# Hanns•G 281 question



## barnettart (Aug 6, 2009)

*Hanns•G 281 question*

I just ordered and received a Hanns•G 28" HG281D from NewEgg, running 32 bit color at [email protected] (isn't that too slow?). I like the monitor for the price, especially compared to the old LaCie 22 CRT. I noticed after the monitor was warmed up that a single 1 pixel line runs from top to bottom at just beyond the 3/4 "mark". It showed up quickly again after being turned OFF all night (it puts out a lot of heat I notice). So could this be anything but a monitor problem. All else is good. I was able to calibrate it visually with Mac's Expert calibration software to 6500degrees K and it's gorgeous.
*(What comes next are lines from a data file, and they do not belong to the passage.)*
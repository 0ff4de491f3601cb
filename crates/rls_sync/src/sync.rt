//! What members send each other.

ghost use Rattle.std.specs.Prelude.{◌≡◌, ◌<◌, ◌≤◌, ◌^◌, ◌++◌, ◌↔◌, ◌⊎◌, ℕ, Ok, Err, length, take, IfOk, OnOk, IsErrOf};
ghost use Rattle.rls_ident.specs.declared.limits.TheConstants.{OPERATION_BYTES};
ghost use Rattle.rls_ident.specs.Lists.{IsIn};
ghost use Rattle.rls_ops.specs.declared.message.Message.{Message};
ghost use Rattle.rls_ops.specs.declared.op.Op.{Op};
ghost use Rattle.rls_ops.specs.Sizes.{op_size};
ghost use Rattle.rls_ops.specs.Rows.{missing_for};
ghost use Rattle.rls_ops.specs.Spelling.{counted, message_bytes, op_bytes};
ghost use Rattle.rls_codec.specs.CodecLaws.{IsMessage};
ghost use Rattle.rls_codec.specs.Reading.{message_of};
ghost use Rattle.rls_model.specs.Receiving.{State};
ghost use Rattle.rls_model.specs.Taking.{message_for, message_told, take_message};
ghost use Rattle.rls_model.specs.Taking as model;
ghost use Rattle.rls_seen.specs.Messages.{message_beyond, message_over, message_told_over, taken_over, taken_of, IsPartTaken};
ghost use Rattle.rls_seen.specs.Seen.{members};
ghost use Rattle.rls_sync.specs.Heads.{start_of};
ghost use Rattle.rls_seen.specs.Stands.{StandsFor};
ghost use Rattle.rls_replica.specs.Faults.{IsForeign};
ghost use Rattle.rls_replica.specs.Names.{KeepsNames};
ghost use Rattle.rls_replica.specs.Watching.{taken_told, IsTold};

use rls_codec::{DecodeError, decode_message, put_head, put_u32};
use rls_ident::limits::INPUT_BYTES;
use rls_ident::{Vector, rely};
use rls_log::Log;
use rls_ops::size::head_len;
use rls_replica::{Nobody, Replica, SendError, TakeError, Taken, Watcher};
use std::alloc::{AllocError, Global};

/// Why bytes aren't taken as a message, or not to its end.
#[derive(Clone, Copy, Debug, PartialEq, Eq)]
pub enum TakeBytesError {
    /// They are no message; the place of the first field that is cut off or breaks its rule. Nothing was taken.
    Malformed { at: u64 },
    /// The message comes from another group, or one with another count of members; its numbers. Nothing was taken.
    OtherGroup { group: u64, members: u32 },
    /// Some of the steps were made.
    OutOfMemory,
}

/// The bytes of the message for a member, in the newest form.
///
/// # Errors
///
/// `NotMember` exactly where the number isn't below the count of members.
pub fn message_bytes(alloc: Global, replica: &Replica, to: u32) -> Result<Vec<u8>, SendError>
    ensures bytes { IfOk result (λ bytes. bytes.items ≡ message_bytes (message_over replica.now to)) }
    ensures not_member { IsErrOf result SendError.NotMember ↔ (members replica.now ≤ to) }

    // They are a message, which others can read, where no kept operation has more bytes than one may have.
    ensures message { IfOk result (λ bytes. ((o : Op) → IsIn o replica.now.log → op_size o ≤ OPERATION_BYTES) → IsMessage bytes.items (message_over replica.now to)) }

    // For every history and waiting operations that the replica stands for.
    ensures stands { IfOk result (λ bytes. (t : State) → StandsFor replica.now t → bytes.items ≡ message_bytes (message_for t.history to)) }
{
    rely!(replica.sane());
    if to >= replica.members() {
        return Err(SendError::NotMember);
    }
    let known = replica.known_to(to)?;
    Ok(spelled(alloc, replica, &known)?)
}

/// The bytes of the message for a member that told these counts, one for each member, in the newest form.
///
/// # Errors
///
/// `NotMember` exactly where the number isn't below the count of members.
pub fn message_bytes_told(
    alloc: Global,
    replica: &Replica,
    to: u32,
    told: &[u32],
) -> Result<Vec<u8>, SendError>
    requires counts { length told.now ≡ members replica.now }
    ensures bytes { IfOk result (λ bytes. bytes.items ≡ message_bytes (message_told_over replica.now to told.now)) }
    ensures not_member { IsErrOf result SendError.NotMember ↔ (members replica.now ≤ to) }

    // They are a message, which others can read, where no kept operation has more bytes than one may have.
    ensures message { IfOk result (λ bytes. ((o : Op) → IsIn o replica.now.log → op_size o ≤ OPERATION_BYTES) → IsMessage bytes.items (message_told_over replica.now to told.now)) }

    // For every history and waiting operations that the replica stands for.
    ensures stands { IfOk result (λ bytes. (t : State) → StandsFor replica.now t → bytes.items ≡ message_bytes (message_told t.history to told.now)) }
{
    rely!(replica.sane());
    if to >= replica.members() {
        return Err(SendError::NotMember);
    }
    let known = replica.known_to_told(to, told)?;
    Ok(spelled(alloc, replica, &known)?)
}

// The message of what these counts don't cover. Its operations are copied byte by byte, and none is made.
fn spelled(alloc: Global, replica: &Replica, known: &Vector) -> Result<Vec<u8>, AllocError>
    ensures bytes { IfOk result (λ bytes. bytes.items ≡ message_bytes (message_beyond replica.now known.now)) }
    ensures message { IfOk result (λ bytes. ((o : Op) → IsIn o replica.now.log → op_size o ≤ OPERATION_BYTES) → IsMessage bytes.items (message_beyond replica.now known.now)) }
{
    rely!(replica.sane());
    let log = replica.logged();
    rely!(log.fits());
    let room = INPUT_BYTES - head_len(replica.members());
    let end = log.reach(known, room);
    let mut out = Vec::with_capacity(alloc, log.missing_len(known).min(room) as usize)?;
    put_start(&mut out, replica)?;
    put_ops(&mut out, log, known, end)?;
    Ok(out)
}

// Those of the first `end` operations of a log that a vector doesn't cover, after their number.
fn put_ops(out: &mut Vec<u8>, log: &Log, known: &Vector, end: usize) -> Result<(), AllocError>
    requires within { end ≤ length log.now }
    requires few { length (missing_for known.now (take end log.now)) < 2 ^ 32 }
    ensures ok { OnOk result (out.new.items ≡ out.old.items ++ counted op_bytes (missing_for known.now (take end log.now))) }
{
    put_u32(out, log.missing_count(known, end) as u32)?;
    log.put_missing(out, known, end)?;
    Ok(())
}

// What stands in a message of this replica before its operations.
fn put_start(out: &mut Vec<u8>, replica: &Replica) -> Result<(), AllocError>
    ensures ok { OnOk result (out.new.items ≡ out.old.items ++ start_of replica.now) }
{
    put_head(
        out,
        replica.group(),
        replica.members(),
        replica.me(),
        replica.acks().mine(),
    )?;
    Ok(())
}

/// Takes the message that the bytes are: receives each of its operations in turn, releases after each what is ready, and at last
/// notes how much its sender has accepted.
///
/// # Errors
///
/// `Malformed` exactly where the bytes are no message, and `OtherGroup` exactly where they are one of another group or of one with
/// another count of members; then nothing changes. After `OutOfMemory` some of the steps were made.
pub fn take_bytes(
    alloc: Global,
    replica: &mut Replica,
    bytes: &[u8],
) -> Result<Taken, TakeBytesError>
    ensures taken { IfOk result (λ taken. (m : Message) × (message_of bytes.now ≡ Ok m) × (IsForeign replica.old m → ⊥)
        × (taken ≡ taken_of (taken_over replica.old m)) × (replica.new ≡ (taken_over replica.old m).state)) }
    ensures malformed { (at : ℕ) → IsErrOf result (TakeBytesError.Malformed at) → (message_of bytes.now ≡ Err at) × (replica.new ≡ replica.old) }
    ensures other_group { (g n : ℕ) → IsErrOf result (TakeBytesError.OtherGroup g n)
        → (m : Message) × (message_of bytes.now ≡ Ok m) × IsForeign replica.old m × (g ≡ m.group) × (n ≡ m.members) × (replica.new ≡ replica.old) }
    ensures cut { IsErrOf result TakeBytesError.OutOfMemory
        → (replica.new ≡ replica.old) ⊎ ((m : Message) × (message_of bytes.now ≡ Ok m) × IsPartTaken replica.old m replica.new) }

    // Each epoch that the replica kept it still keeps.
    ensures names { KeepsNames replica.old replica.new }

    // For every history and waiting operations that the replica stands for.
    ensures stands { IfOk result (λ taken. (t : State) → StandsFor replica.old t → (m : Message) × (message_of bytes.now ≡ Ok m)
        × (taken ≡ model.taken (take_message t m)) × StandsFor replica.new (take_message t m).state) }
{
    take_bytes_watched(alloc, replica, bytes, &mut Nobody)
}

/// Does the same, and shows each operation to a watcher before it is accepted. After `OutOfMemory` what was told is of the steps that were
/// made.
///
/// # Errors
///
/// Those of `take_bytes`. After `Malformed` and `OtherGroup` nothing more was told.
pub fn take_bytes_watched<W: Watcher>(
    alloc: Global,
    replica: &mut Replica,
    bytes: &[u8],
    watcher: &mut W,
) -> Result<Taken, TakeBytesError>
    ensures taken { IfOk result (λ taken. (m : Message) × (message_of bytes.now ≡ Ok m) × (IsForeign replica.old m → ⊥)
        × (taken ≡ taken_of (taken_over replica.old m)) × (replica.new ≡ (taken_over replica.old m).state)) }
    ensures told { OnOk result ((m : Message) → message_of bytes.now ≡ Ok m → W.told watcher.new ≡ W.told watcher.old ++ taken_told W.tells replica.old m) }
    ensures malformed { (at : ℕ) → IsErrOf result (TakeBytesError.Malformed at) → (message_of bytes.now ≡ Err at) × (replica.new ≡ replica.old) }
    ensures other_group { (g n : ℕ) → IsErrOf result (TakeBytesError.OtherGroup g n)
        → (m : Message) × (message_of bytes.now ≡ Ok m) × IsForeign replica.old m × (g ≡ m.group) × (n ≡ m.members) × (replica.new ≡ replica.old) }
    ensures untold { (at : ℕ) → IsErrOf result (TakeBytesError.Malformed at) → W.told watcher.new ≡ W.told watcher.old }
    ensures untold_foreign { (g n : ℕ) → IsErrOf result (TakeBytesError.OtherGroup g n) → W.told watcher.new ≡ W.told watcher.old }
    ensures cut { IsErrOf result TakeBytesError.OutOfMemory
        → (replica.new ≡ replica.old) ⊎ ((m : Message) × (message_of bytes.now ≡ Ok m) × IsPartTaken replica.old m replica.new) }

    // Each epoch that the replica kept it still keeps.
    ensures names { KeepsNames replica.old replica.new }

    // Also after an error.
    ensures steps { IsTold W.tells replica.old replica.new (W.told watcher.old) (W.told watcher.new) }

    // For every history and waiting operations that the replica stands for.
    ensures stands { IfOk result (λ taken. (t : State) → StandsFor replica.old t → (m : Message) × (message_of bytes.now ≡ Ok m)
        × (taken ≡ model.taken (take_message t m)) × StandsFor replica.new (take_message t m).state) }
{
    match decode_message(alloc, bytes) {
        Ok(message) => match replica.take_watched(message, watcher) {
            Ok(taken) => Ok(taken),
            Err(TakeError::OtherGroup { group, members }) => {
                Err(TakeBytesError::OtherGroup { group, members })
            }
            Err(TakeError::OutOfMemory) => Err(TakeBytesError::OutOfMemory),
        },
        Err(DecodeError::Malformed { at }) => Err(TakeBytesError::Malformed { at }),
        Err(DecodeError::OutOfMemory) => Err(TakeBytesError::OutOfMemory),
    }
}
I could probably live with a white line, but I always thought dead pixels were black, aren't they? My dual 2.7gHz PPC G5 has 8GB of DDR SRAM, an OEM ATI Radeon 9650 Chipset model ATY,RV351, AGP Bus in Slot-1 with 256MB of VRAM, Rom REV is113-A58503-115. Any advice appreciated. If I need a new card to handle this monitor, I have to admit to being nearly broke enough to break in half, so the best solution within fiscal reason would be appreciated. I don't play games, but I do a lot of Photoshop and 3D, with a little animation now and then. I would like to do some HD post production, but am guessing this mac is just too lame for all that. Remember this is the G5 that has all those fans that go on and off all the time, and I believe is water cooled, too. :4-dontkno So any advice will be appreciated. I would rather not return it for a single pixel line (I looked with a loupe up close) and also wonder if I used a converter to HDMI instead of the DVI to VGA I've always used for PC-friendly monitors that I might get better results (or worse). Ideas?


----------



## sinclair_tm (Mar 11, 2005)

*Re: Hanns•G 281 question*

With a line that doesn't show up on the old monitor, but does on the new, I'd say the new LCD is bad, and you should really get it replaced. Stuck pixels can be almost any color, depending on which of the three are stuck on or off. But being you got a line, I'd say there is something else wrong with the LCD. Try a different cable and different connection. THe best way to connect a LCD to a computer is via DVI to DVI. Also change the resolution of the screen, to 1024x768 for an example and see if the line is still in the same place. If changing the cable, connections, or resolution doesn't make the line go away, return the LCD. Newegg is pretty good with returns.


----------